> _REQUIREMENT_
When a line in the data below includes "them", pick it out and copy it.

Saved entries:
-=-=-

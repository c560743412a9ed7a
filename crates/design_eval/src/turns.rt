//! The covers in the order in which they are evaluated.

ghost use Rattle.std.specs.Prelude.{◌≡◌, ◌<◌, ℕ, length, IfOk};
ghost use Rattle.design_netlist.specs.Vocabulary.{cover_at, truth, IsCoverOver, bit_at, IsOrder, IsSettled};
ghost use Rattle.design_eval.specs.Turns.{IsTurn, AreTurns};

use crate::tables::{Table, address_of, table_of};
use design_netlist::{Cover, truth_of};
use std::alloc::{AllocError, Global};

/// A cover, with all that its evaluation reads side by side.
#[derive(Clone, Copy)]
pub struct Turn {
    /// The signal that it drives.
    pub out: u32,
    /// Its place among the design's covers.
    pub place: u32,
    /// Its table, if it has at most six inputs.
    pub table: Option<Table>,
}

// The turn of the cover at a place.
fn turn_of(covers: &[Cover], place: u32) -> Turn
    requires within { place < length covers.now }
    requires made { (n : ℕ) × IsCoverOver (cover_at covers.now place) n }
    ensures place { result.place ≡ place }
    ensures turn { IsTurn covers.now result }
{
    let cover = &covers[place as usize];
    Turn {
        out: cover.out,
        place,
        table: table_of(cover),
    }
}

/// The turns of all covers. In the order each reads only earlier ones.
pub fn turns_of(alloc: Global, covers: &[Cover], order: &[u32]) -> Result<Vec<Turn>, AllocError>
    requires order { IsOrder covers.now order.now }
    requires made { (i : ℕ) → i < length covers.now → (n : ℕ) × IsCoverOver (cover_at covers.now i) n }
    ensures { IfOk result (λ turns. AreTurns covers.now turns.items) }
{
    let mut turns = Vec::with_capacity(alloc, order.len())?;
    'order: for k in 0..order.len() {
        turns.push(turn_of(covers, order[k]))?;
    }
    Ok(turns)
}

/// The truth of a cover, by its table where it has one.
pub fn value_of(turn: &Turn, covers: &[Cover], values: &[bool]) -> bool
    requires within { turn.now.place < length covers.now }
    requires turn { IsTurn covers.now turn.now }
    requires made { IsCoverOver (cover_at covers.now turn.now.place) (length values.now) }
    ensures { result ≡ truth (bit_at values.now) (cover_at covers.now turn.now.place) }
{
    match &turn.table {
        Some(table) => table.cells[address_of(&table.wires, values)],
        None => wide_value(&covers[turn.place as usize], values),
    }
}

// The truth of a cover, by its rows.
fn wide_value(cover: &Cover, values: &[bool]) -> bool
    requires { IsCoverOver cover.now (length values.now) }
    ensures { result ≡ truth (bit_at values.now) cover.now }
{
    truth_of(
        cover.rows.as_slice(),
        cover.off,
        cover.ins.as_slice(),
        values,
    )
}

/// Gives each cover's output its truth. Takes no memory.
pub fn settle(turns: &[Turn], covers: &[Cover], values: &mut [bool])
    requires turns { AreTurns covers.now turns.now }
    requires made { (i : ℕ) → i < length covers.now → IsCoverOver (cover_at covers.now i) (length values.old) }
    ensures { IsSettled covers.now (bit_at values.old) (bit_at values.new) }
{
    'turns: for k in 0..turns.len() {
        let turn = &turns[k];
        values[turn.out as usize] = value_of(turn, covers, values);
    }
}
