//! The covers that read a signal.

ghost use Rattle.std.specs.Prelude.{◌≡◌, ◌+◌, ◌*◌, ◌<◌, ◌≤◌, ◌++◌, ℕ, length, map, slice_index_or, IfOk, OnOk};
ghost use Rattle.std.specs.List.{Contains};
ghost use Rattle.design_netlist.specs.Covers.{cover_at, IsCoverOver};
ghost use Rattle.design_eval.specs.Bits.{AreBelow};
ghost use Rattle.design_eval.specs.Turns.{AreTurns, places};
ghost use Rattle.design_eval.specs.Readers.{reader_key, HaveKeys, AreListed, AreKeys, AreInOrder, AreStarts, Splits, IsFrom, AreReaders};

use crate::turns::Turn;
use design_netlist::Cover;
use std::alloc::{AllocError, Global};

/// A design has fewer signals than this, and so fewer covers.
pub const MOST: u32 = 65_536;

/// For each signal the turns of the covers that read it, and behind them those of latches.
#[derive(Drop)]
pub struct Readers {
    /// A signal, times 65,536, and a turn that reads it; in order.
    pub keys: Vec<u32>,
    /// Where each signal's keys begin, and where the last one's end.
    pub starts: Vec<usize>,
}

// Adds a key for each of the signals that a cover reads.
fn push_keys(keys: &mut Vec<u32>, ins: &[u32], turn: u32) -> Result<(), AllocError>
    requires signals { AreBelow 65536 ins.now }
    requires turn { turn < 65536 }
    ensures { OnOk result (keys.new.items ≡ keys.old.items ++ map (reader_key turn) ins.now) }
{
    'ins: for i in 0..ins.len() {
        keys.push(ins[i] * MOST + turn)?;
    }
    Ok(())
}

// Adds a key for each of the signals that latches read, whose turns are those from one on.
fn push_latches(keys: &mut Vec<u32>, reads: &[u32], first: usize) -> Result<(), AllocError>
    requires signals { AreBelow 65535 reads.now }
    requires few { first + length reads.now ≤ 65535 }
    ensures more { OnOk result ((key : ℕ) → Contains keys.old.items key → Contains keys.new.items key) }
    ensures keys { OnOk result (HaveKeys first reads.now keys.new.items) }
{
    'reads: for k in 0..reads.len() {
        keys.push(reads[k] * MOST + (first + k) as u32)?;
    }
    Ok(())
}

// The keys of all covers.
fn cover_keys(alloc: Global, covers: &[Cover], turns: &[Turn]) -> Result<Vec<u32>, AllocError>
    requires turns { AreTurns covers.now turns.now }
    requires made { (i : ℕ) → i < length covers.now → IsCoverOver (cover_at covers.now i) 65535 }
    requires few { length turns.now ≤ 65535 }
    ensures { IfOk result (λ keys. AreKeys covers.now (places turns.now) (length turns.now) keys.items) }
{
    let mut keys = Vec::new(alloc);
    'turns: for k in 0..turns.len() {
        let cover = &covers[turns[k].place as usize];
        push_keys(&mut keys, cover.ins.as_slice(), k as u32)?;
    }
    Ok(keys)
}

// The keys of all covers, and of latches behind them.
fn keys_of(
    alloc: Global,
    covers: &[Cover],
    turns: &[Turn],
    reads: &[u32],
) -> Result<Vec<u32>, AllocError>
    requires turns { AreTurns covers.now turns.now }
    requires made { (i : ℕ) → i < length covers.now → IsCoverOver (cover_at covers.now i) 65535 }
    requires reads { AreBelow 65535 reads.now }
    requires few { length turns.now + length reads.now ≤ 65535 }
    ensures keys { IfOk result (λ keys. AreKeys covers.now (places turns.now) (length turns.now) keys.items) }
    ensures latches { IfOk result (λ keys. HaveKeys (length turns.now) reads.now keys.items) }
    ensures sorted { IfOk result (λ keys. AreInOrder keys.items) }
{
    let mut keys = cover_keys(alloc, covers, turns)?;
    push_latches(&mut keys, reads, turns.len())?;
    keys.sort()?;
    Ok(keys)
}

// Where the keys of a signal begin, which is no sooner than where those before it do.
fn start_of(keys: &[u32], from: usize, signal: u32) -> usize
    requires signal { signal ≤ 65535 }
    requires from { IsFrom keys.now signal from }
    ensures { Splits keys.now signal result }
{
    'keys: for i in from..keys.len() {
        if keys[i] >= signal * MOST {
            return i;
        }
    }
    keys.len()
}

// Where the keys of each signal begin, and where the last one's end.
fn starts_of(alloc: Global, keys: &[u32], signals: usize) -> Result<Vec<usize>, AllocError>
    requires { signals ≤ 65535 }
    ensures { IfOk result (λ starts. AreStarts keys.now (signals + 1) starts.items) }
{
    let mut starts = Vec::with_capacity(alloc, signals + 1)?;
    let mut from = 0;
    'signals: for signal in 0..signals + 1 {
        from = start_of(keys, from, signal as u32);
        starts.push(from)?;
    }
    Ok(starts)
}

/// The readers of a design's signals: its covers, and behind them the latches that read these signals.
pub fn readers_of(
    alloc: Global,
    covers: &[Cover],
    turns: &[Turn],
    reads: &[u32],
    signals: usize,
) -> Result<Readers, AllocError>
    requires turns { AreTurns covers.now turns.now }
    requires made { (i : ℕ) → i < length covers.now → IsCoverOver (cover_at covers.now i) signals }
    requires reads { AreBelow signals reads.now }
    requires few { length turns.now + length reads.now ≤ 65535 }
    requires signals { signals ≤ 65535 }
    ensures covers { IfOk result (λ readers. AreReaders covers.now (places turns.now) signals readers) }
    ensures latches { IfOk result (λ readers. AreListed readers (length turns.now) reads.now) }
{
    let keys = keys_of(alloc, covers, turns, reads)?;
    let starts = starts_of(alloc, &keys, signals)?;
    Ok(Readers { keys, starts })
}
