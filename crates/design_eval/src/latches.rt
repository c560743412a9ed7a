//! What latches give, and what they take.

ghost use Rattle.std.specs.Prelude.{◌≡◌, ◌+◌, ◌<◌, ◌≤◌, ℕ, false, length, map};
ghost use Rattle.design_netlist.specs.Valuations.{bit_at, number_at};
ghost use Rattle.design_eval.specs.Bits.{bits_put, AreApart, AreBelow};
ghost use Rattle.design_eval.specs.Latches.{HaveBits, HavePut};
ghost use Rattle.design_eval.specs.Marks.{AreTaken, StillKept, StillTaken};

use crate::bits::read_bits;
use crate::marks::{WORD, give, is_one_marked};
use crate::readers::Readers;

/// How many latches are compared at once.
const CHUNK: usize = 64;

// Whether bits differ between two places. A loop without a way out is quicker here.
fn differ(left: &[bool], right: &[bool], from: usize, to: usize) -> bool
    requires left { to ≤ length left.now }
    requires right { to ≤ length right.now }
    ensures { result ≡ false → (k : ℕ) → from ≤ k → k < to → bit_at left.now k ≡ bit_at right.now k }
{
    let mut found = false;
    'bits: for k in from..to {
        found |= left[k] != right[k];
    }
    found
}

/// What latches drive and what they give it, and who reads that.
#[derive(Clone, Copy)]
pub struct Giving<'a> {
    /// By latches.
    pub drives: &'a [u32],
    /// By latches.
    pub state: &'a [bool],
    pub readers: &'a Readers,
}

/// What latches read, and the bits of all signals.
#[derive(Clone, Copy)]
pub struct Taking<'a> {
    /// By latches.
    pub reads: &'a [u32],
    /// The turn of the first latch.
    pub first: usize,
    /// By signals.
    pub values: &'a [bool],
}

// The latches from one place to another.
#[derive(Clone, Copy)]
struct Chunk {
    from: usize,
    to: usize,
}

// Gives what a latch drives its bit.
fn put_latch(
    giving: &Giving<'_>,
    k: usize,
    last: &mut [bool],
    marks: &mut [bool],
    hints: &mut [u64],
    values: &mut [bool],
)
    requires within { k < length giving.now.drives.now }
    requires size { length marks.old ≡ 65536 }
    requires hints { length hints.old ≡ 1024 }
    requires bits { length giving.now.state.now ≡ length giving.now.drives.now }
    requires last { length last.old ≡ length giving.now.drives.now }
    requires below { AreBelow (length values.old) giving.now.drives.now }
    requires apart { AreApart giving.now.drives.now }
    requires starts { length giving.now.readers.now.starts.items ≡ length values.old + 1 }
    requires ends { (s : ℕ) → s ≤ length values.old →
        number_at giving.now.readers.now.starts.items s ≤ length giving.now.readers.now.keys.items }
    ensures put { HavePut giving.now.readers.now giving.now.drives.now giving.now.state.now last.old marks.old values.old
        last.new marks.new values.new }
    ensures done { bit_at last.new k ≡ bit_at giving.now.state.now k }
{
    give(
        giving.readers,
        giving.drives[k],
        giving.state[k],
        marks,
        hints,
        values,
    );
    last[k] = giving.state[k];
}

// Gives what latches drive their bits, from one place to another, where these aren't what they gave last.
fn put_chunk(
    giving: &Giving<'_>,
    chunk: Chunk,
    last: &mut [bool],
    marks: &mut [bool],
    hints: &mut [u64],
    values: &mut [bool],
)
    requires within { chunk.to ≤ length giving.now.drives.now }
    requires size { length marks.old ≡ 65536 }
    requires hints { length hints.old ≡ 1024 }
    requires bits { length giving.now.state.now ≡ length giving.now.drives.now }
    requires last { length last.old ≡ length giving.now.drives.now }
    requires below { AreBelow (length values.old) giving.now.drives.now }
    requires apart { AreApart giving.now.drives.now }
    requires starts { length giving.now.readers.now.starts.items ≡ length values.old + 1 }
    requires ends { (s : ℕ) → s ≤ length values.old →
        number_at giving.now.readers.now.starts.items s ≤ length giving.now.readers.now.keys.items }
    ensures put { HavePut giving.now.readers.now giving.now.drives.now giving.now.state.now last.old marks.old values.old
        last.new marks.new values.new }
    ensures done { (k : ℕ) → chunk.from ≤ k → k < chunk.to → bit_at last.new k ≡ bit_at giving.now.state.now k }
{
    if !differ(last, giving.state, chunk.from, chunk.to) {
        return;
    }
    'latches: for k in chunk.from..chunk.to {
        put_latch(giving, k, last, marks, hints, values);
    }
}

/// Gives what the latches drive their bits, and marks the covers that read one whose bit changes. What they gave last
/// is known, so only what has changed is looked at.
pub fn put_changed(
    giving: &Giving<'_>,
    last: &mut [bool],
    marks: &mut [bool],
    hints: &mut [u64],
    values: &mut [bool],
)
    requires size { length marks.old ≡ 65536 }
    requires hints { length hints.old ≡ 1024 }
    requires bits { length giving.now.state.now ≡ length giving.now.drives.now }
    requires last { length last.old ≡ length giving.now.drives.now }
    requires below { AreBelow (length values.old) giving.now.drives.now }
    requires apart { AreApart giving.now.drives.now }
    requires starts { length giving.now.readers.now.starts.items ≡ length values.old + 1 }
    requires ends { (s : ℕ) → s ≤ length values.old →
        number_at giving.now.readers.now.starts.items s ≤ length giving.now.readers.now.keys.items }
    requires given { HaveBits giving.now.drives.now last.old values.old }
    ensures values { values.new ≡ bits_put values.old giving.now.drives.now giving.now.state.now }
    ensures given { HaveBits giving.now.drives.now last.new values.new }
    ensures size { length marks.new ≡ 65536 }
    ensures kept { StillKept giving.now.readers.now giving.now.drives.now marks.old values.old marks.new values.new }
    ensures taken { StillTaken 0 giving.now.readers.now marks.old values.old marks.new values.new }
{
    let count = giving.drives.len();
    'chunks: for i in 0..count / CHUNK + 1 {
        let from = i * CHUNK;
        let to = (from + CHUNK).min(count);
        put_chunk(giving, Chunk { from, to }, last, marks, hints, values);
    }
}

// A latch takes the bit of what it reads.
fn take_latch(taking: &Taking<'_>, k: usize, marks: &mut [bool], state: &mut [bool])
    requires within { k < length taking.now.reads.now }
    requires room { taking.now.first + length taking.now.reads.now ≤ length marks.old }
    requires bits { length state.old ≡ length taking.now.reads.now }
    requires below { AreBelow (length taking.now.values.now) taking.now.reads.now }
    requires taken { AreTaken taking.now.first taking.now.reads.now state.old marks.old taking.now.values.now }
    ensures taken { AreTaken taking.now.first taking.now.reads.now state.new marks.new taking.now.values.now }
{
    marks[taking.first + k] = false;
    state[k] = taking.values[taking.reads[k] as usize];
}

// The latches that a word of hints names take their bits. The turn of the first one is given.
fn take_word(
    taking: &Taking<'_>,
    place: usize,
    marks: &mut [bool],
    hints: &mut [u64],
    state: &mut [bool],
)
    requires place { place < 1024 }
    requires size { length marks.old ≡ 65536 }
    requires hints { length hints.old ≡ 1024 }
    requires room { taking.now.first + length taking.now.reads.now ≤ 65535 }
    requires bits { length state.old ≡ length taking.now.reads.now }
    requires below { AreBelow (length taking.now.values.now) taking.now.reads.now }
    requires taken { AreTaken taking.now.first taking.now.reads.now state.old marks.old taking.now.values.now }
    ensures taken { AreTaken taking.now.first taking.now.reads.now state.new marks.new taking.now.values.now }
{
    'bits: for _ in 0..WORD {
        let word = hints[place];
        if word == 0 {
            return;
        }
        let turn = place * WORD as usize + word.trailing_zeros() as usize;
        hints[place] = word & (word - 1);
        if turn >= taking.first && turn - taking.first < taking.reads.len() {
            take_latch(taking, turn - taking.first, marks, state);
        }
    }
}

/// Each latch takes the bit of what it reads. The turn of the first one is given.
///
/// Those that are marked are looked for where hints are. These may be wrong: if a mark is left, all take their bits.
pub fn take_changed(taking: &Taking<'_>, marks: &mut [bool], hints: &mut [u64], state: &mut [bool])
    requires size { length marks.old ≡ 65536 }
    requires hints { length hints.old ≡ 1024 }
    requires room { taking.now.first + length taking.now.reads.now ≤ 65535 }
    requires bits { length state.old ≡ length taking.now.reads.now }
    requires below { AreBelow (length taking.now.values.now) taking.now.reads.now }
    requires taken { AreTaken taking.now.first taking.now.reads.now state.old marks.old taking.now.values.now }
    ensures { state.new ≡ map (bit_at taking.now.values.now) taking.now.reads.now }
{
    let past = taking.first + taking.reads.len();
    'words: for place in taking.first / WORD as usize..past / WORD as usize + 1 {
        take_word(taking, place, marks, hints, state);
    }
    if is_one_marked(marks, taking.first, past) {
        read_bits(taking.values, taking.reads, state);
    }
}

-=-=-

> _TASK OUTPUT_
/// For each signal the turns of the covers that read it, and behind them those of latches.
// The keys of all covers, and of latches behind them.
/// The readers of a design's signals: its covers, and behind them the latches that read these signals.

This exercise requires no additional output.